Yousefi Moteghaed Niloofar, Mostaar Ahmad, Maghooli Keivan, Houshyari Mohammad, Ameri Ahmad
Department of Biomedical Engineering and Medical Physics, Faculty of Medicine, Shahid Beheshti University of Medical Sciences, Tehran, Iran.
Radiation Biology Research Center, Iran University of Medical Sciences, Tehran, Iran.
Rep Pract Oncol Radiother. 2020 Sep-Oct;25(5):738-745. doi: 10.1016/j.rpor.2020.05.005. Epub 2020 Jul 11.
The aim of this study is to construct and evaluate Pseudo-CT images (P-CTs) for electron density calculation to facilitate external radiotherapy treatment planning.
Despite numerous benefits, computed tomography (CT) scan does not provide accurate information on soft tissue contrast, which often makes it difficult to precisely differentiate target tissues from the organs at risk and determine the tumor volume. Therefore, MRI imaging can reduce the variability of results when registering with a CT scan.

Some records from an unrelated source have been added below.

//! The top call, and what it promises.

ghost use Rattle.std.specs.Prelude.{◌≡◌, ◌≢◌, ◌≤◌, IfSome};
ghost use Rattle.dl_outside.specs.Count.{HasRisen, NeverFall};
ghost use Rattle.command_words.specs.Request.{AsksForCheck, AsksForRun, AsksForTrial, NamesNoScript};
ghost use Rattle.dl_top.specs.Prelude.{CallsFor, IsLoad, MayGive, AsksForSuch, Passing, Running, Ends, EndsInShelfFault, EndsWhole, sink_signs, Handed, Kept, IsStuckRun, Promised, IsFree};

use crate::load::print_reply;
use crate::send::send;
use command_words::Words;
use dl_outside::{Shelf, Sink, SinkFault};
use std::alloc::Global;

/// The exit status for want of memory.
const NO_MEMORY: u8 = 5;

/// The exit status for a fault outside.
const OUTSIDE_FAULT: u8 = 4;

// Does all of it: what the others say of the call follows from this.
fn report_to<S: Shelf, O: Sink>(alloc: Global, words: &Words, shelf: &mut S, out: &mut O) -> u8
    ensures ends { Ends (MayGive (IsLoad S.texts S.counts S.gives) words.now shelf.old shelf.new)
        (sink_signs (O.sent out.old) (O.sent out.new) (O.faults out.old) (O.faults out.new)) result }
    ensures untouched { NamesNoScript words.now → shelf.new ≡ shelf.old }
    ensures texts_stay { S.texts shelf.new ≡ S.texts shelf.old }
    ensures shelf_counts_never_fall { NeverFall (S.counts shelf.old) (S.counts shelf.new) }
    ensures sink_faults_never_fall { O.faults out.old ≤ O.faults out.new }
{
    let Ok(printed) = print_reply(alloc, words, shelf) else {
        return NO_MEMORY;
    };
    match send(out, printed.text.as_slice()) {
        Ok(()) => printed.status,
        Err(SinkFault::Failed) => OUTSIDE_FAULT,
        Err(SinkFault::NoMemory) => NO_MEMORY,
    }
}

/// Does what the words ask for, sends the report, and answers the exit status: 0 proved or shown, 1 not proved or stuck, 2 refused, 3 no command, 4 a
/// fault of the shelf or the sink, 5 want of memory.
pub fn dl_main<S: Shelf, O: Sink>(alloc: Global, words: &Words, shelf: &mut S, out: &mut O) -> u8
    // The theorem: where a script is judged with status 0, the text that the shelf handed over spells exactly one network, which is free of deadlock.
    ensures proved { AsksForCheck words.now → result ≡ 0
        → Kept IsFree (Handed S.texts S.gives) shelf.old shelf.new words.now (O.sent out.old) (O.sent out.new) }

    // The same of the script of a family, where a trial ends with status 0.
    ensures tried { AsksForTrial words.now → result ≡ 0
        → Kept IsFree (Handed S.texts S.gives) shelf.old shelf.new words.now (O.sent out.old) (O.sent out.new) }

    // Each command: status 0 promises of the texts that were handed over, and of the report, what stands for the command in the table `Promised`. Of a judgement
    // it says that the network meets the rule, and that the greatest rank in the report is its own by the rule.
    ensures promised { result ≡ 0
        → Kept Promised (Handed S.texts S.gives) shelf.old shelf.new words.now (O.sent out.old) (O.sent out.new) }

    // A run ends with status 1 exactly where it is stuck: the state after the printed steps has no step, and the network is live for no bound.
    ensures stuck { AsksForRun words.now → result ≡ 1
        → Kept IsStuckRun (Handed S.texts S.gives) shelf.old shelf.new words.now (O.sent out.old) (O.sent out.new) }

    // Completeness: status 0 comes wherever the texts are such that it may, within the limits, without a fault and with memory enough; a run ends with 0 or 1.
    ensures complete { result ≢ 5 → ¬ HasRisen (S.counts shelf.old).faults (S.counts shelf.new).faults
        → ¬ HasRisen (O.faults out.old) (O.faults out.new)
        → IfSome (S.texts shelf.old) (λ texts. AsksForSuch Passing texts words.now → result ≡ 0) }
    ensures runs { result ≢ 5 → ¬ HasRisen (S.counts shelf.old).faults (S.counts shelf.new).faults
        → ¬ HasRisen (O.faults out.old) (O.faults out.new)
        → IfSome (S.texts shelf.old) (λ texts. AsksForSuch Running texts words.now → result ≤ 1) }

    // Each reply has its cause. A front of a report is sent only where the sink has a fault or memory runs out.
    ensures ends { Ends (MayGive (IsLoad S.texts S.counts S.gives) words.now shelf.old shelf.new)
        (sink_signs (O.sent out.old) (O.sent out.new) (O.faults out.old) (O.faults out.new)) result }

    // Status 4 without a fault of the sink: the whole line of a fault of the shelf.
    ensures shelf_fault { result ≡ 4 → ¬ HasRisen (O.faults out.old) (O.faults out.new)
        → EndsInShelfFault (MayGive (IsLoad S.texts S.counts S.gives) words.now shelf.old shelf.new)
        (sink_signs (O.sent out.old) (O.sent out.new) (O.faults out.old) (O.faults out.new)) }

    // Without a fault, and with memory enough, the answer is the one that the texts call for.
    ensures settled { result ≢ 5 → ¬ HasRisen (S.counts shelf.old).faults (S.counts shelf.new).faults
        → ¬ HasRisen (O.faults out.old) (O.faults out.new)
        → IfSome (S.texts shelf.old) (λ texts. EndsWhole (CallsFor texts words.now)
        (sink_signs (O.sent out.old) (O.sent out.new) (O.faults out.old) (O.faults out.new)) result) }

    // Words that name no script leave the shelf alone.
    ensures untouched { NamesNoScript words.now → shelf.new ≡ shelf.old }

    ensures texts_stay { S.texts shelf.new ≡ S.texts shelf.old }
    ensures shelf_counts_never_fall { NeverFall (S.counts shelf.old) (S.counts shelf.new) }
    ensures sink_faults_never_fall { O.faults out.old ≤ O.faults out.new }
{
    report_to(alloc, words, shelf, out)
}
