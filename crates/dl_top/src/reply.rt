//! What is sent for the words: the report of an answer, and for a trial a line before it.

ghost use Rattle.std.specs.Prelude.{◌≡◌, IfOk};
ghost use Rattle.dl_top.specs.Reply.{heading_text, reply_status, reply_text, rule_of};

use command_words::Trial;
use csp_base::{Bytes, Made};
use csp_tables::Rule;
use net_maker::{Family, name_of};
use report::{Answer, report_of, status_of};
use std::alloc::Global;

/// What the words are answered: an answer, and the trial that it is of, if the words ask for one.
pub struct Reply {
    /// The trial.
    pub trial: Option<Trial>,
    /// The answer.
    pub answer: Answer,
}

impl Drop for Reply {
    fn drop(self) {
        let Reply { trial, answer } = self;
    }
}

/// The rule by which a family is judged.
pub fn rule_of(family: Family) -> Rule
    ensures { result ≡ rule_of family }
{
    match family {
        Family::Forks => Rule::Resource,
        Family::Chain => Rule::ClientServer,
        Family::Mesh => Rule::Cyclic,
    }
}

// The line that names a trial.
fn trial_line(alloc: Global, trial: Trial) -> Made<Bytes>
    ensures { IfOk result (λ text. text ≡ heading_text (Some trial)) }
{
    let size = trial.size;
    let size = format!(in alloc; "{size}")?;
    let mut text = Bytes::from_slice(alloc, b"trial ")?;
    text.extend_from_slice(name_of(trial.family))?;
    text.extend_from_slice(b" ")?;
    text.extend_from_slice(size.as_bytes())?;
    text.extend_from_slice(b"\n")?;
    Ok(text)
}

// The whole text that is sent for a reply.
fn text_of(alloc: Global, reply: &Reply) -> Made<Bytes>
    ensures { IfOk result (λ text. text ≡ reply_text reply.now) }
{
    let report = report_of(alloc, &reply.answer)?;
    match reply.trial {
        None => Ok(report),
        Some(trial) => {
            let mut text = trial_line(alloc, trial)?;
            text.extend_from_slice(report.as_slice())?;
            Ok(text)
        }
    }
}

/// What is sent for a reply, with its exit status.
#[derive(Drop)]
pub(crate) struct Printed {
    /// The whole text.
    pub(crate) text: Bytes,
    /// The exit status.
    pub(crate) status: u8,
}

// The printed text of a reply, with its status.
pub(crate) fn print(alloc: Global, reply: &Reply) -> Made<Printed>
    ensures text { IfOk result (λ made. made.text ≡ reply_text reply.now) }
    ensures status { IfOk result (λ made. made.status ≡ reply_status reply.now) }
{
    let text = text_of(alloc, reply)?;
    let status = status_of(&reply.answer);
    Ok(Printed { text, status })
}
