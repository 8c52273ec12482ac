//! The top call: words in, a report out, and an exit status; with the theorem about the answer 0.
//!
//! Promises speak of texts and reports (`Promised`), and one record ties them to a call (`Kept`). What a load gave the shelf states itself (`gives`):
//! of a text in memory that text, of a file what its reads gave. Where a shelf reports its texts, that is the text under the name (`Handed`). A front of a
//! report is sent where the sink fails or memory runs out, never otherwise. Status 5 is merged with nothing. A trial is the reply of `check` with a line
//! before it; it loads nothing.
#![tactic(auto)]

ghost use Rattle.dl_top.specs.Prelude.{HandedTextsAreHeld};

pub mod judge;
pub mod load;
pub mod reply;
pub mod send;
pub mod sure;
pub mod top;

pub use command_words::Words;
use dl_outside::Shelf;
pub use sure::dl_sure;
pub use top::dl_main;

/// Where a shelf reports its texts, the texts that it handed over in a call are those that it held before the call, each under its name, and no others.
pub fn handed_texts_are_held<S: Shelf>()
    ensures { HandedTextsAreHeld S.texts S.gives }
{}
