//! The answer to the text of a script, or to two texts.

ghost use Rattle.std.specs.Prelude.{◌≡◌, ◌≤◌, IfErr, IfOk, ℕ, length, true};
ghost use Rattle.command_words.specs.declared.request.Job.TheVariants.{Check, Run};
ghost use Rattle.csp_parser.specs.Spells.{Spells};
ghost use Rattle.csp_tables.specs.declared.rule.Rule.{Rule as RuleValue};
ghost use Rattle.csp_text.specs.declared.script.Script.{Script as ScriptValue};
ghost use Rattle.report.specs.Prelude.{report_text, status, Answers, Ends};
ghost use Rattle.csp_base.specs.Stops.{Tells};
ghost use Rattle.script_sizes.specs.Size.{AreSmall};
ghost use Rattle.dl_limits.specs.declared.TheConstants.{MOST_BYTES};
ghost use Rattle.dl_top.specs.Prelude.{SpellMatching, SpellsTables, TextPasses, NetworkDecides, SpellsNoNetwork, SpellsNoScript, SpellsOnlyNetwork, SpellsOnlyScript, TextCallsFor, TextIsShown, TextsCompare, no_script, JobPromised, SpellsConforming, SpellsShown, SpellsDeadlockFree, SpellsRun};

use command_words::Job;
use comparison::compare_networks;
use containers::Key;
use csp_base::{Made, NoMemory, Stop};
use csp_parser::{each_text_spells_one_script, read};
use csp_text::{NoScript, Script};
use judgement::judge_by;
use livelock::bound_hidden;
use network_stages::{Spelled, spell_network};
use network_walks::walk_network;
use report::{Answer, Done, Halt, Side, TextFault, conclude, settle};
use script_printer::print_script;
use std::alloc::Global;
use tabulation::tabulate;

// Why a walk stops at a text of this side that is no script.
fn no_script(side: Side, why: Stop<NoScript>) -> Stop<Answer>
    ensures { result ≡ no_script side why }
{
    match why {
        Stop::Told(NoScript { at }) => {
            Stop::Told(Answer::NoProgram(side, TextFault::NoScript { at }))
        }
        Stop::NoMemory => Stop::NoMemory,
    }
}

// The only script that the text of this side spells, which is small, or that it spells none.
fn spell_script(alloc: Global, side: Side, text: &[u8]) -> Result<Script, Stop<Answer>>
    requires { length text.now ≤ MOST_BYTES }
    ensures small { IfOk result (λ script. AreSmall script.decls) }
    ensures ok { IfOk result (SpellsOnlyScript text.now) }
    ensures told { IfErr result (Tells (SpellsNoScript side text.now)) }
{
    match read(alloc, text) {
        Ok(script) => {
            each_text_spells_one_script();
            Ok(script)
        }
        Err(fault) => Err(no_script(side, fault)),
    }
}

// The only network that the text of this side spells, or why it spells none.
fn spell(alloc: Global, side: Side, text: &[u8]) -> Result<Spelled, Stop<Answer>>
    requires { length text.now ≤ MOST_BYTES }
    ensures ok { IfOk result (SpellsOnlyNetwork text.now) }
    ensures told { IfErr result (Tells (SpellsNoNetwork side text.now)) }
{
    let script = spell_script(alloc, side, text)?;
    spell_network(alloc, Key::of(text), side, &script)
}

// What a network decides with which this is to be done.
fn decide_job(alloc: Global, job: &Job, network: &Spelled) -> Result<Done, Halt>
    ensures { Answers (NetworkDecides job.now network.now) result }
{
    match job {
        Job::Check(rule) => judge_by(alloc, *rule, network),
        Job::Table(index) => tabulate(alloc, *index, network),
        Job::Run { seed, steps } => walk_network(alloc, network, *seed, *steps),
        Job::Livelock(set) => bound_hidden(alloc, network, set.as_slice()),
    }
}

// The walk from the text of a script to the answer.
fn decide_text(alloc: Global, job: &Job, text: &[u8]) -> Result<Answer, Stop<Answer>>
    requires { length text.now ≤ MOST_BYTES }
    ensures { Ends (TextCallsFor text.now job.now) result }
{
    let network = spell(alloc, Side::Script, text)?;
    let verdict = conclude(decide_job(alloc, job, &network))?;
    Ok(Answer::Decided(network.into_program(), verdict))
}

// The answer to which that walk comes.
fn answer_text(alloc: Global, job: &Job, text: &[u8]) -> Made<Answer>
    requires { length text.now ≤ MOST_BYTES }
    ensures { IfOk result (TextCallsFor text.now job.now) }
{
    settle(decide_text(alloc, job, text))
}

/// The answer that the text of a script calls for, with whose network this is to be done: what `dl_main` reports of a text that it loaded. The text has at
/// most `MOST_BYTES` bytes (a longer one is refused where it is loaded).
pub fn judge(alloc: Global, job: &Job, text: &[u8]) -> Made<Answer>
    requires { length text.now ≤ MOST_BYTES }
    ensures answer { IfOk result (TextCallsFor text.now job.now) }

    // The theorem: where a script is judged with status 0, its text spells exactly one network, which is free of deadlock.
    ensures free { IfOk result (λ answer. (rule : RuleValue) → job.now ≡ Check rule → status answer ≡ 0
        → SpellsDeadlockFree text.now rule (report_text answer)) }

    // With status 0 the text and the report are as the table `JobPromised` has it for what is to be done.
    ensures promised { IfOk result (λ answer. status answer ≡ 0 → JobPromised job.now text.now (report_text answer)) }

    // A run ends with status 1 exactly where it is stuck.
    ensures stuck { IfOk result (λ answer. (seed steps : ℕ) → job.now ≡ Run seed steps → status answer ≡ 1
        → SpellsRun text.now seed steps true (report_text answer)) }

    // Completeness: status 0 comes wherever the text is such that it may. A run ends with 0 or 1 wherever the components have tables.
    ensures complete { IfOk result (λ answer. TextPasses job.now text.now → status answer ≡ 0) }
    ensures runs { IfOk result (λ answer. (seed steps : ℕ) → job.now ≡ Run seed steps → SpellsTables text.now
        → status answer ≤ 1) }
{
    answer_text(alloc, job, text)
}

// The walk from the text of a script to its printed text.
fn show_text(alloc: Global, text: &[u8]) -> Result<Answer, Stop<Answer>>
    requires { length text.now ≤ MOST_BYTES }
    ensures { Ends (TextIsShown text.now) result }
{
    let script = spell_script(alloc, Side::Script, text)?;
    let text = print_script(alloc, &script)?;
    Ok(Answer::Shown { text })
}

/// The answer to the text of a script that is to be shown. It has at most `MOST_BYTES` bytes.
pub fn show(alloc: Global, text: &[u8]) -> Made<Answer>
    requires { length text.now ≤ MOST_BYTES }
    ensures answer { IfOk result (TextIsShown text.now) }

    // With status 0 the text spells exactly one script, and the report is the printed text of that, which spells it again and no other.
    ensures shown { IfOk result (λ answer. status answer ≡ 0 → SpellsShown text.now (report_text answer)) }

    // And so it comes wherever the text spells a script.
    ensures complete { IfOk result (λ answer. (script : ScriptValue) → Spells text.now script → status answer ≡ 0) }
{
    settle(show_text(alloc, text))
}

// The walk from the texts of a script and its specification to the answer.
fn compare_texts(alloc: Global, text: &[u8], specification: &[u8]) -> Result<Answer, Stop<Answer>>
    requires text { length text.now ≤ MOST_BYTES }
    requires specification { length specification.now ≤ MOST_BYTES }
    ensures { Ends (TextsCompare text.now specification.now) result }
{
    let network = spell(alloc, Side::Script, text)?;
    let specified = spell(alloc, Side::Specification, specification)?;
    let verdict = conclude(compare_networks(alloc, &network, &specified))?;
    Ok(Answer::Decided(network.into_program(), verdict))
}

/// The answer that the texts of a script and of its specification call for. Each has at most `MOST_BYTES` bytes.
pub fn judge_pair(alloc: Global, text: &[u8], specification: &[u8]) -> Made<Answer>
    requires text { length text.now ≤ MOST_BYTES }
    requires specification { length specification.now ≤ MOST_BYTES }
    ensures answer { IfOk result (TextsCompare text.now specification.now) }

    // With status 0 the network of the script matches that of the specification, and is live where that is.
    ensures conformed { IfOk result (λ answer. status answer ≡ 0
        → SpellsConforming text.now specification.now (report_text answer)) }

    // And so it comes wherever both networks are within the limits and match.
    ensures matching { IfOk result (λ answer. SpellMatching text.now specification.now → status answer ≡ 0) }
{
    settle(compare_texts(alloc, text, specification))
}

In this research, a fuzzy clustering algorithm was used to segment images into different tissues, also linear regression methods were used to design the regression model based on the feature extraction method and the brightness intensity values. The results of the proposed algorithm for dose-volume histogram (DVH), Isodose curves, and gamma analysis were investigated using the RayPlan treatment planning system, and VeriSoft software. Furthermore, various statistical indices such as Mean Absolute Error (MAE), Mean Error (ME), and Structural Similarity Index (SSIM) were calculated.
The MAE of a range of 45-55 was found from the proposed methods. The relative difference error between the PTV region of the CT and the Pseudo-CT was 0.5, and the best gamma rate was 95.4% based on the polar coordinate feature and proposed polynomial regression model.
The proposed method could support the generation of P-CT data for different parts of the brain region from a collection of MRI series with an acceptable average error rate by different evaluation criteria.
本研究旨在构建并评估用于电子密度计算的伪CT图像(P-CT),以促进外照射放射治疗计划的制定。
尽管计算机断层扫描(CT)扫描有诸多优点,但它无法提供关于软组织对比度的准确信息,这常常使得难以精确区分靶组织与危及器官,并确定肿瘤体积。因此,磁共振成像(MRI)在与CT扫描配准的时候可以减少结果的变异性。
在本研究中,使用模糊聚类算法将图像分割成不同组织,还使用线性回归方法基于特征提取方法和亮度强度值设计回归模型。使用RayPlan治疗计划系统和VeriSoft软件研究了所提出算法在剂量体积直方图(DVH)、等剂量曲线和伽马分析方面的结果。此外,还计算了各种统计指标,如平均绝对误差(MAE)、平均误差(ME)和结构相似性指数(SSIM)。
从所提出的方法中得到了45 - 55范围内的MAE。CT的计划靶区(PTV)区域与伪CT之间的相对差异误差为0.5,基于极坐标特征和所提出的多项式回归模型,最佳伽马率为95.4%。
所提出的方法能够通过不同评估标准以可接受的平均误差率从一系列MRI数据中生成脑区不同部位的P-CT数据。